Why would I have married and given them all my money and homes were it not for my fantasy that they would make me happy, care for me and fulfill my needs? Was that ten-second ejaculation and 50-second blowjob worth the price I paid with my worldly riches?
Women do not need us as much because to them we are mere figments of their imagination. We are like a plaything that they want to strip bare before moving on. They do not take us seriously and only value our possessions. Look at me now—no money and no sex.
Another reason for my hatred is arguments. Men argue to make a point, whereas a woman argues to retain her power and mastery of his libido. The pussy that produced us is the same hole that owns us. A smart male baby would stay inside the womb and enjoy the warmth and security that it offers. But the male deludes himself, caveman that he is, and seeks to slay dinosaurs while discovering and conquering new worlds. And to do this, he leaves the mother’s pussy.

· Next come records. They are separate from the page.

//! Logs that are read by their names: joined, and shown.
use mgr_show::{JoinFault, ShowFault, join_logs, show_note};
use rga_exchange::Counted;
use rga_ops::{Id, Refusal};
use std::alloc::{AllocError, Global};
use test_ports::MemorySources;

/// A run, and its last character deleted.
const ABC: &str = r#"{"id":[1,1],"op":"run","parent":[0,0],"text":"abc"}
{"id":[3,1],"op":"del"}
"#;

/// An insertion behind that run, which waits without it; with no newline.
const D: &str = r#"{"char":"d","id":[4,2],"op":"ins","parent":[3,1]}"#;

/// Another insertion of the same identifier.
const OTHER: &str = r#"{"char":"x","id":[4,2],"op":"ins","parent":[0,0]}
"#;

/// A run of deletions.
const DELS: &str = r#"{"count":2,"id":[1,1],"op":"dels"}
"#;

/// An insertion, and half of one.
const TORN: &str = r#"{"char":"e","id":[5,3],"op":"ins","parent":[0,0]}
{"char":"f","#;

fn sources(alloc: Global) -> Result<MemorySources, AllocError> {
    let mut sources = MemorySources::new(alloc);
    sources.push(alloc, "abc.ops", ABC.as_bytes())?;
    sources.push(alloc, "d.ops", D.as_bytes())?;
    sources.push(alloc, "other.ops", OTHER.as_bytes())?;
    sources.push(alloc, "dels.ops", DELS.as_bytes())?;
    sources.push(alloc, "torn.ops", TORN.as_bytes())?;
    Ok(sources)
}

fn names(alloc: Global, words: &str) -> Result<Vec<String>, AllocError> {
    let mut names = Vec::new(alloc);
    for word in words.split_whitespace() {
        names.push(String::from_str(alloc, word)?)?;
    }
    Ok(names)
}

/// The answer to a join, what it wrote, and how many reads failed.
type Joined = (Result<(), JoinFault>, Vec<u8>, u64);

fn joined(alloc: Global, words: &str) -> Result<Joined, AllocError> {
    let mut sources = sources(alloc)?;
    let names = names(alloc, words)?;
    let mut writer = Counted::new(Vec::new(alloc));
    let answer = join_logs(alloc, &mut sources, &names, &mut writer);
    Ok((answer, writer.into_inner(), sources.failures))
}

/// Whether the logs of these names are joined to these lines.
fn joins(alloc: Global, words: &str, lines: &str) -> bool {
    match joined(alloc, words) {
        Ok((answer, written, failures)) => {
            answer == Ok(()) && written.as_slice() == lines.as_bytes() && failures == 0
        }
        Err(_) => false,
    }
}

/// Whether the log with this index is refused so, if those of these names are joined, and nothing
/// is written.
fn is_refused(alloc: Global, words: &str, index: usize, fault: ShowFault) -> bool {
    match joined(alloc, words) {
        Ok((answer, written, failures)) => {
            let failed = if fault == ShowFault::Read { 1 } else { 0 };
            answer == Err(JoinFault::Log(index, fault)) && written.is_empty() && failures == failed
        }
        Err(_) => false,
    }
}

#[test]
fn logs_are_joined(rt: HostRuntime) {
    const ABCD: &str = r#"{"id":[1,1],"op":"run","parent":[0,0],"text":"abc"}
{"char":"d","id":[4,2],"op":"ins","parent":[3,1]}
{"id":[3,1],"op":"del"}
"#;
    const WITH_DELS: &str = r#"{"id":[1,1],"op":"run","parent":[0,0],"text":"abc"}
{"count":3,"id":[1,1],"op":"dels"}
"#;
    const ROWS: &[(&str, &str)] = &[
        ("", ""),
        ("abc.ops d.ops", ABCD),
        ("d.ops abc.ops", ABCD),
        ("d.ops abc.ops d.ops abc.ops", ABCD),
        ("abc.ops dels.ops", WITH_DELS),
        ("dels.ops abc.ops", WITH_DELS),
    ];
    for (words, lines) in ROWS {
        assert!(rt; joins(rt.alloc(), words, lines), "{words}");
    }
}

/// The same of another insertion, which is the first line of that log.
fn conflicts(alloc: Global, words: &str, index: usize) -> bool {
    match Id::new(4, 2) {
        Ok(id) => is_refused(
            alloc,
            words,
            index,
            ShowFault::Refused(1, Refusal::Conflict(id)),
        ),
        Err(_) => false,
    }
}

#[test]
fn a_join_names_the_first_log_that_is_refused(rt: HostRuntime) {
    let alloc = rt.alloc();
    assert!(rt; conflicts(alloc, "abc.ops d.ops other.ops", 2));
    assert!(rt; conflicts(alloc, "other.ops d.ops torn.ops", 1));
    assert!(rt; is_refused(alloc, "abc.ops torn.ops none.ops", 1, ShowFault::Torn(2)));
    assert!(rt; is_refused(alloc, "none.ops torn.ops", 0, ShowFault::Read));
}

/// Whether the note of a name shows this text, by so many lines of its log.
fn shows(alloc: Global, name: &str, lines: Option<u64>, text: &str) -> Result<bool, AllocError> {
    let mut sources = sources(alloc)?;
    let mut writer = Counted::new(Vec::new(alloc));
    let answer = show_note(alloc, &mut sources, name, lines, &mut writer);
    Ok(answer == Ok(()) && writer.into_inner().as_slice() == text.as_bytes())
}

#[test]
fn a_note_is_shown_by_the_first_lines_of_its_log(rt: HostRuntime) {
    const ROWS: &[(&str, Option<u64>, &str)] = &[
        ("abc", None, "ab"),
        ("abc", Some(0), ""),
        ("abc", Some(1), "abc"),
        ("abc", Some(2), "ab"),
        ("abc", Some(9), "ab"),
        ("d", None, ""),
        ("other", Some(1), "x"),
        ("torn", None, "e"),
        ("torn", Some(1), "e"),
        ("torn", Some(2), "e"),
    ];
    for (name, lines, text) in ROWS {
        assert!(rt; shows(rt.alloc(), name, *lines, text) == Ok(true), "{name}");
    }
}
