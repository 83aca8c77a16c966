//! What an event has told so far, and the frames that leave in it.

ghost use Rattle.std.specs.Prelude.{◌≡◌, ◌++◌, ◌∷◌, [], OnOk};
ghost use Rattle.tipc_outside.specs.Frames.{no_frames, Gains, Made};

use crate::transitions::{Transition, TransitionList};
use std::alloc::Global;
use std::marker::Model;
use tipc_outside::Outbox;
use tipc_types::NoMemory;

/// What an event has told so far, and its frames.
#[derive(Drop)]
pub(crate) struct Leaving {
    pub(crate) changes: TransitionList,
    pub(crate) out: Outbox,
}

impl Model for Leaving {
    ghost use Rattle.tipc_pair.specs.Courses.{LeavingState};

    ghost Value = { LeavingState };

    ghost view = { λ l. record { changes = l.changes; out = l.out } };
}

impl Leaving {
    /// Nothing was told, and no frame was made.
    pub(crate) fn new(alloc: Global) -> Leaving
        ensures changes { result.changes ≡ [] }
        ensures out { result.out ≡ no_frames }
    {
        Leaving {
            changes: TransitionList::new(alloc),
            out: Outbox::new(alloc),
        }
    }

    /// Tells one more transition.
    pub(crate) fn tell(&mut self, transition: Transition) -> Result<(), NoMemory>
        ensures { OnOk result (self.new ≡ record self.old { changes = self.old.changes ++ transition ∷ [] }) }
    {
        self.changes.push(transition)
    }

    /// Sends the frames, and gives what was told.
    pub(crate) fn leave(self, out: &mut Outbox) -> TransitionList
        ensures changes { result ≡ self.changes }
        ensures frames { (made : Made) → Gains no_frames self.out made → Gains out.old out.new made }
    {
        let Leaving {
            changes,
            out: frames,
        } = self;
        out.merge(frames);
        changes
    }
}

The real reason I hate women is if you look between their legs, you don’t see a masculine and virile edifice. What you see is something that looks like the bloody wound from an ax. The woman’s hatred for us is wrapped around her penis envy and her desire to be us. The woman is incomplete and filled with the jealously of man’s ability to lose himself in a football game.
All of my ex-wives and ex-girlfriends have been imbeciles and predators. They are the reason for my lot in life right now and the philosophies that I spew.

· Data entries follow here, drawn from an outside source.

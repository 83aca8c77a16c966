//! What a node keeps of a peer: a link end on each of two bearers, the contact that lasts while a link is up, and the
//! message that is begun.
//!
//! - The pair: `pair` (what it is, and its calls), `link_ends` (its two link ends, seen from one of them), `laws` (what its
//!   calls keep).
//! - Arrivals: `link_arrivals` (packets that arrive on a link), `preparing` (what a packet will make of a pair, told before
//!   anything is changed), `changes` (what an arrival changes, and what it gives).
//! - Links that go up and down: `link_changes` (what follows from it), `runs` (the packets of one link, as they travel on
//!   the other one).
//! - What comes of an event: `leaving` (what it has told so far, and the frames that leave), `transitions` (what is told of
//!   links and contact).
#![tactic(auto)]

mod changes;
pub mod laws;
mod leaving;
mod link_arrivals;
mod link_changes;
mod link_ends;
mod pair;
mod preparing;
mod runs;
mod transitions;

pub use changes::{Incoming, PairArrival, PairOutcome};
pub use pair::{Pair, PairArriving};
pub use transitions::{Transition, TransitionList};
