/// What a broadcast packet will make of a node; `number` is the arrival's number at it. Nothing is changed yet.
fn prepare_cast(
    alloc: Global,
    broadcast: &Broadcast,
    neighbour: &Neighbour,
    number: u64,
    due: &Due<'_>,
) -> Result<CastHearing, NoMemory>
    requires at { IsCastDue (Some neighbour.now) due.now }
    ensures number { IfOk result (λ h. h.number ≡ number) }
    ensures prepared { IfOk result (λ h. IsCastPrepared broadcast.now neighbour.now due.now h) }
{
    let boot = (due.first % MEMBERS) as u32;
    let members = (due.second % MEMBERS) as u32;
    let arriving = broadcast.prepare(alloc, boot, members, &due.packet, number)?;
    let mut casts = neighbour.casts.copy()?;
    let given = opened(alloc, &mut casts, arriving.outcome())?;
    let contact = neighbour.contact_numbers();
    let deliveries = prepare_deliveries(alloc, Flow::Broadcast, due.peer, contact, &given)?;
    if !are_few(deliveries.as_slice()) {
        return Err(NoMemory);
    }
    let answer = arrival_answer(&given, deliveries.as_slice());
    Ok(CastHearing {
        number,
        arriving,
        casts,
        deliveries,
        answer,
    })
}

/// What a STATE on the bearer of a broadcast arrival may be due for.
#[derive(Clone, Copy)]
struct CastCount {
    /// Whether the packet was taken, or waits.
    is_heard: bool,
    /// How many packets were taken.
    taken: u32,
    /// Whether the packet waits.
    is_deferred: bool,
}

/// How many packets were taken.
fn packet_count(taken: &TakenList) -> u32
    requires { length taken.now ≤ window_size }
    ensures { result ≡ length taken.now }
{
    taken.len() as u32
}

/// What a STATE may be due for by what the broadcast link made of an arrival.
fn cast_count(outcome: &LinkOutcome) -> CastCount
    requires few { TakesFew outcome.now }
    ensures { result ≡ cast_count outcome.now }
{
    match outcome {
        LinkOutcome::Took(taken) => CastCount {
            is_heard: true,
            taken: packet_count(taken),
            is_deferred: false,
        },
        LinkOutcome::Deferred => CastCount {
            is_heard: true,
            taken: 0,
            is_deferred: true,
        },
        LinkOutcome::Ignored(_) => CastCount {
            is_heard: false,
            taken: 0,
            is_deferred: false,
        },
    }
}
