impl LinkEnds {
    ghost use Rattle.tipc_pair.specs.Changeovers.{risen};
    ghost use Rattle.tipc_pair.specs.Courses.{AddsCourse, Course};
    ghost use Rattle.tipc_pair.specs.Facing.{other};
    ghost use Rattle.tipc_pair.specs.PairArrivals.{activate_higher, activate_shown, behind, hears, met_near, reset_change, reset_given, reset_near, reset_shown, taken_down, tunnelled_at, Arrives, IsHeardAs};
    ghost use Rattle.tipc_pair.specs.PairOpenings.{Frees, IsCarriedIn, NoneCarriedIn, Opens, Unwrapped};

    /// Takes a packet that arrived on the near link.
    ///
    /// # Errors
    ///
    /// Where memory runs out. The pair may be in any state then.
    pub(crate) fn take_any(
        &mut self,
        alloc: Global,
        incoming: &Incoming<'_>,
        event: &mut Leaving,
    ) -> Result<PairOutcome, NoMemory>
        requires fits { Fits (view incoming.now.packet) }
        ensures { IfOk result (λ given. (c : Course) ×
            Arrives self.old incoming.now.sender_epoch incoming.now.receiver_epoch
            (view incoming.now.packet) incoming.now.by incoming.now.shown c given × (self.new ≡ c.pair) ×
            AddsCourse event.old event.new c) }
    {
        let outcome = self.hear(alloc, incoming, event)?;
        let given = self.open(alloc, outcome, event)?;
        self.release(alloc, event);
        Ok(given)
    }

    /// What the near link makes of a packet, with what follows for the pair.
    fn hear(
        &mut self,
        alloc: Global,
        incoming: &Incoming<'_>,
        event: &mut Leaving,
    ) -> Result<LinkOutcome, NoMemory>
        requires fits { Fits (view incoming.now.packet) }
        ensures { IfOk result (λ outcome.
            IsHeardAs (hears incoming.now.packet.header incoming.now.sender_epoch incoming.now.receiver_epoch
            (view incoming.now.packet) incoming.now.by incoming.now.shown self.old)
            self.new event.old event.new outcome) }
    {
        match incoming.packet.header.content() {
            HeaderContent::Notice(Notice::Reset(said)) => self.hear_reset(
                alloc,
                incoming.sender_epoch,
                said.contact,
                incoming.shown,
                event,
            ),
            HeaderContent::Notice(Notice::Activate(said)) => {
                self.hear_activate(alloc, said.contact, incoming, event)
            }
            HeaderContent::State(_) => self.meet(alloc, incoming, event),
            HeaderContent::Numbered => self.meet(alloc, incoming, event),
            HeaderContent::Discovery => self.meet(alloc, incoming, event),
        }
    }

    /// Gives a packet to the near link, and does what its change asks for.
    #[tactic(auto, using(tipc_outside::proofs::Adding::gains_none))]
    fn meet(
        &mut self,
        alloc: Global,
        incoming: &Incoming<'_>,
        event: &mut Leaving,
    ) -> Result<LinkOutcome, NoMemory>
        requires fits { Fits (view incoming.now.packet) }
        ensures { IfOk result (λ outcome.
            IsHeardAs (met_near incoming.now.sender_epoch incoming.now.receiver_epoch
            (view incoming.now.packet) incoming.now.by incoming.now.shown self.old)
            self.new event.old event.new outcome) }
    {
        let held = self.far_is_up();
        let Some(link) = &mut self.near else {
            return Ok(LinkOutcome::Ignored(Why::Unknown));
        };
        let arrival = link.arrive(
            alloc,
            incoming.sender_epoch,
            incoming.receiver_epoch,
            &incoming.packet,
            held,
            incoming.by,
            incoming.shown,
            &mut event.out,
        )?;
        self.follow(alloc, arrival.change, incoming.sender_epoch, event)?;
        Ok(arrival.outcome)
    }

    /// An ACTIVATE, which shows this contact number.
    fn hear_activate(
        &mut self,
        alloc: Global,
        number: u64,
        incoming: &Incoming<'_>,
        event: &mut Leaving,
    ) -> Result<LinkOutcome, NoMemory>
        requires fits { Fits (view incoming.now.packet) }
        ensures { IfOk result (λ outcome.
            IsHeardAs (activate_shown number
            (met_near incoming.now.sender_epoch incoming.now.receiver_epoch
            (view incoming.now.packet) incoming.now.by incoming.now.shown) self.old)
            self.new event.old event.new outcome) }
    {
        match self.standing(number) {
            Standing::Lower => Ok(LinkOutcome::Ignored(Why::Contact)),
            Standing::Same => self.meet(alloc, incoming, event),
            Standing::Higher => { self.rise_and_meet(alloc, number, incoming, event) }
        }
    }

    /// An ACTIVATE that shows a contact number above the highest seen. Where a contact ended it took nothing.
    fn rise_and_meet(
        &mut self,
        alloc: Global,
        number: u64,
        incoming: &Incoming<'_>,
        event: &mut Leaving,
    ) -> Result<LinkOutcome, NoMemory>
        requires fits { Fits (view incoming.now.packet) }
        ensures { IfOk result (λ outcome.
            IsHeardAs (activate_higher number
            (met_near incoming.now.sender_epoch incoming.now.receiver_epoch
            (view incoming.now.packet) incoming.now.by incoming.now.shown) self.old)
            self.new event.old event.new outcome) }
    {
        let ended = self.in_contact();
        self.rise(alloc, number, event)?;
        if ended {
            return Ok(LinkOutcome::Took(TakenList::new(alloc)));
        }
        self.meet(alloc, incoming, event)
    }

    /// A RESET under this epoch, which shows this contact number.
    fn hear_reset(
        &mut self,
        alloc: Global,
        sender_epoch: u64,
        number: u64,
        shown: BroadcastState,
        event: &mut Leaving,
    ) -> Result<LinkOutcome, NoMemory>
        ensures { IfOk result
            (λ outcome. IsHeardAs (reset_shown number sender_epoch shown self.old) self.new event.old event.new
            outcome) }
    {
        match self.standing(number) {
            Standing::Lower => Ok(LinkOutcome::Ignored(Why::Contact)),
            Standing::Same => self.take_reset(alloc, sender_epoch, shown, event),
            Standing::Higher => self.rise_and_reset(alloc, sender_epoch, number, shown, event),
        }
    }

    /// A RESET that shows a contact number above the highest seen.
    fn rise_and_reset(
        &mut self,
        alloc: Global,
        sender_epoch: u64,
        number: u64,
        shown: BroadcastState,
        event: &mut Leaving,
    ) -> Result<LinkOutcome, NoMemory>
        ensures { IfOk result (λ outcome.
            IsHeardAs (behind (risen self.old number) (reset_near sender_epoch shown)) self.new event.old event.new
            outcome) }
    {
        self.rise(alloc, number, event)?;
        self.take_reset(alloc, sender_epoch, shown, event)
    }

    /// A RESET under this epoch, which shows the highest contact number. Where it took the last link down the contact
    /// ended, and it is given to the end again.
    fn take_reset(
        &mut self,
        alloc: Global,
        sender_epoch: u64,
        shown: BroadcastState,
        event: &mut Leaving,
    ) -> Result<LinkOutcome, NoMemory>
        ensures { IfOk result (λ outcome. IsHeardAs (reset_near sender_epoch shown self.old) self.new event.old
            event.new outcome) }
    {
        let held = self.far_is_up();
        let (change, outcome) = self.give_reset(alloc, sender_epoch, held, shown, event)?;
        if is_down(change) && !held {
            return Ok(self.give_reset(alloc, sender_epoch, false, shown, event)?.1);
        }
        Ok(outcome)
    }

    /// Gives a RESET to the near end, and does what its change asks for.
    #[tactic(auto, using(tipc_outside::proofs::Adding::gains_none))]
    fn give_reset(
        &mut self,
        alloc: Global,
        sender_epoch: u64,
        held: bool,
        shown: BroadcastState,
        event: &mut Leaving,
    ) -> Result<(Change, LinkOutcome), NoMemory>
        ensures change { IfOk result (λ given. given.0 ≡ reset_change sender_epoch held self.old.near) }
        ensures does { IfOk result (λ given.
            IsHeardAs (reset_given sender_epoch held shown self.old self.old.near) self.new event.old event.new
            given.1) }
    {
        let Some(link) = &mut self.near else {
            return Ok((Change::Stay, LinkOutcome::Ignored(Why::Unknown)));
        };
        let arrival = link.reset(alloc, sender_epoch, held, shown, &mut event.out);
        self.follow(alloc, arrival.change, sender_epoch, event)?;
        Ok((arrival.change, arrival.outcome))
    }

    /// Opens what the near link made of an arrival.
    fn open(
        &mut self,
        alloc: Global,
        outcome: LinkOutcome,
        event: &mut Leaving,
    ) -> Result<PairOutcome, NoMemory>
        ensures { IfOk result (λ given. Opens self.old outcome given self.new event.old event.new) }
    {
        match outcome {
            LinkOutcome::Took(taken) => self.open_taken(alloc, taken, event),
            LinkOutcome::Deferred => Ok(PairOutcome::Deferred),
            LinkOutcome::Ignored(why) => Ok(PairOutcome::Ignored(why)),
        }
    }

    /// Opens the packets that the near link took.
    fn open_taken(
        &mut self,
        alloc: Global,
        taken: TakenList,
        event: &mut Leaving,
    ) -> Result<PairOutcome, NoMemory>
        ensures { IfOk result (λ given. Opens self.old (LinkOutcome.Took taken) given self.new event.old event.new) }
    {
        let carried = self.unwrap(alloc, taken, event)?;
        let given = self.reassembly.open(alloc, carried.as_slice())?;
        Ok(PairOutcome::Took(given))
    }

    /// What is to be opened of the packets that the near link took. Only the first of them can be a tunnel packet: what
    /// it frees in the far link's record comes before the packets behind it. Placeholders have no bytes, and are left
    /// out.
    fn unwrap(
        &mut self,
        alloc: Global,
        taken: TakenList,
        event: &mut Leaving,
    ) -> Result<TakenList, NoMemory>
        ensures { IfOk result (λ opened. Unwrapped self.old taken opened self.new event.old event.new) }
    {
        let mut opened = TakenList::new(alloc);
        let Some(carried) = self.carried_in(alloc, &taken)? else {
            add_with_bytes(&mut opened, taken)?;
            return Ok(opened);
        };
        let freed = self.take_carried(alloc, carried, event)?;
        add_with_bytes(&mut opened, freed)?;
        add_with_bytes(&mut opened, without_first(taken))?;
        Ok(opened)
    }

    /// What the first of these packets carries for the far link. None exactly where there is no such packet, it is no
    /// tunnel packet that unwraps, or it speaks of another bearer than the far link's, or of one that has no end.
    fn carried_in(&self, alloc: Global, taken: &TakenList) -> Result<Option<Carried>, NoMemory>
        ensures some { IfOk result (λ found. (carried : Carried) → found ≡ Some carried →
            IsCarriedIn self.now taken.now carried) }
        ensures none { IfOk result (λ found. found ≡ None → NoneCarriedIn self.now taken.now) }
    {
        let [first, ..] = taken.as_slice() else {
            return Ok(None);
        };
        let Ok(packet) = decode(first.packet.as_slice()) else {
            return Ok(None);
        };
        let Ok(tunnel) = unwrap_packet(&packet) else {
            return Ok(None);
        };
        if !self.is_of_far(&tunnel) {
            return Ok(None);
        }
        Ok(Some(carried_by(alloc, &tunnel, first.by)?))
    }

    /// Whether a tunnel packet speaks of the far link, which has an end.
    fn is_of_far(&self, tunnel: &Tunnel<'_>) -> bool
        ensures { result ≡ ((tunnel.now.old.bearer == other self.now.bearer) && is_some self.now.far) }
    {
        tunnel.old.bearer == 1 - self.bearer && self.far.is_some()
    }

    /// Takes what came in a tunnel packet on the near link: an original of the far link's present session takes that
    /// link down first.
    fn take_carried(
        &mut self,
        alloc: Global,
        carried: Carried,
        event: &mut Leaving,
    ) -> Result<TakenList, NoMemory>
        ensures { IfOk result (λ freed. Frees self.old (told_by
            (other self.old.bearer) carried) carried.by freed self.new event.old event.new) }
    {
        self.take_far_down(alloc, carried.kind, carried.epoch, event)?;
        let Some(link) = &mut self.far else {
            return Ok(TakenList::new(alloc));
        };
        let freed = take_inner(alloc, link, carried)?;
        Ok(freed)
    }

    /// A packet of the far link came through the near one. If it is the original, a far link that is up under this
    /// epoch of the peer goes down.
    #[tactic(auto, using(tipc_outside::proofs::Adding::gains_none))]
    fn take_far_down(
        &mut self,
        alloc: Global,
        kind: TunnelKind,
        epoch: u64,
        event: &mut Leaving,
    ) -> Result<(), NoMemory>
        ensures after { OnOk result (self.new ≡ (taken_down kind epoch self.old).pair) }
        ensures adds { OnOk result (AddsCourse event.old event.new (taken_down kind epoch self.old)) }
    {
        match kind {
            TunnelKind::Duplicate => Ok(()),
            TunnelKind::Original => self.take_original(alloc, epoch, event),
        }
    }

    /// The original of a packet of the far link came through the near one: a far link that is up under this epoch of
    /// the peer goes down.
    fn take_original(
        &mut self,
        alloc: Global,
        epoch: u64,
        event: &mut Leaving,
    ) -> Result<(), NoMemory>
        ensures after { OnOk result (self.new ≡ (taken_down ChangeoverType.Original epoch self.old).pair) }
        ensures adds { OnOk result (AddsCourse event.old event.new
            (taken_down ChangeoverType.Original epoch self.old)) }
    {
        self.turn();
        self.take_down(alloc, epoch, event)?;
        self.turn();
        Ok(())
    }

    /// The original of a packet of the near link came through the far one: a near link that is up under this epoch of
    /// the peer goes down.
    #[tactic(auto, using(tipc_outside::proofs::Adding::gains_none))]
    fn take_down(&mut self, alloc: Global, epoch: u64, event: &mut Leaving) -> Result<(), NoMemory>
        ensures after { OnOk result (self.new ≡ (tunnelled_at epoch self.old self.old.near).pair) }
        ensures adds { OnOk result (AddsCourse event.old event.new (tunnelled_at epoch self.old self.old.near)) }
    {
        let Some(link) = &mut self.near else {
            return Ok(());
        };
        let change = link.peer_tunnel(epoch);
        self.follow(alloc, change, epoch, event)
    }
}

One wife was decades younger than me and had the brains of a tadpole. She was the worst cocksucker I ever had, although I did give her a few orgasms when I licked her clit. She was drawn to my power and sexual prowess, but when I went bankrupt, she abandoned me like weeds.
Another wife was an Irish cleaning woman. She stalked me on my TV show and was turned on by my fame. (Details of all these experiences, by the way, can be found in my autobiography—I, Goldstein—in stores now.) Although she blew me before the marriage, I suspect she was a lesbian. After the ceremony, we never had sex again. She got almost a million dollars.
The mother of my son was a schoolteacher who hated me because I was a pornographer—a philosophy she imparted to my son. She got several million dollars.
Wife two was a Pan Am flight attendant who was a class act and deserved better than the likes of me.
At age 27 I embarked on my Columbus-like voyage of hatred toward women with a cowlike, deformed quasi-human. Our three-year relationship was like a trip on the Titanic. When we fucked, her gigantic boobs crushed my head, which I did not like. I am not a boob man.
A recent example of my hatred and repulsion toward women takes place in my book, and it is about a woman named Venus, a high-priced call girl who worked for Heidi Fleiss. She was drop-dead gorgeous, started hooking at age 18 and could earn four to ten thousand dollars a week. Her greatest gift to me was that she would blow me for free on my birthday. I loved every crack and fold in her body, except that her tits were too big. Like she did with everything else in her life, she got carried away with implants.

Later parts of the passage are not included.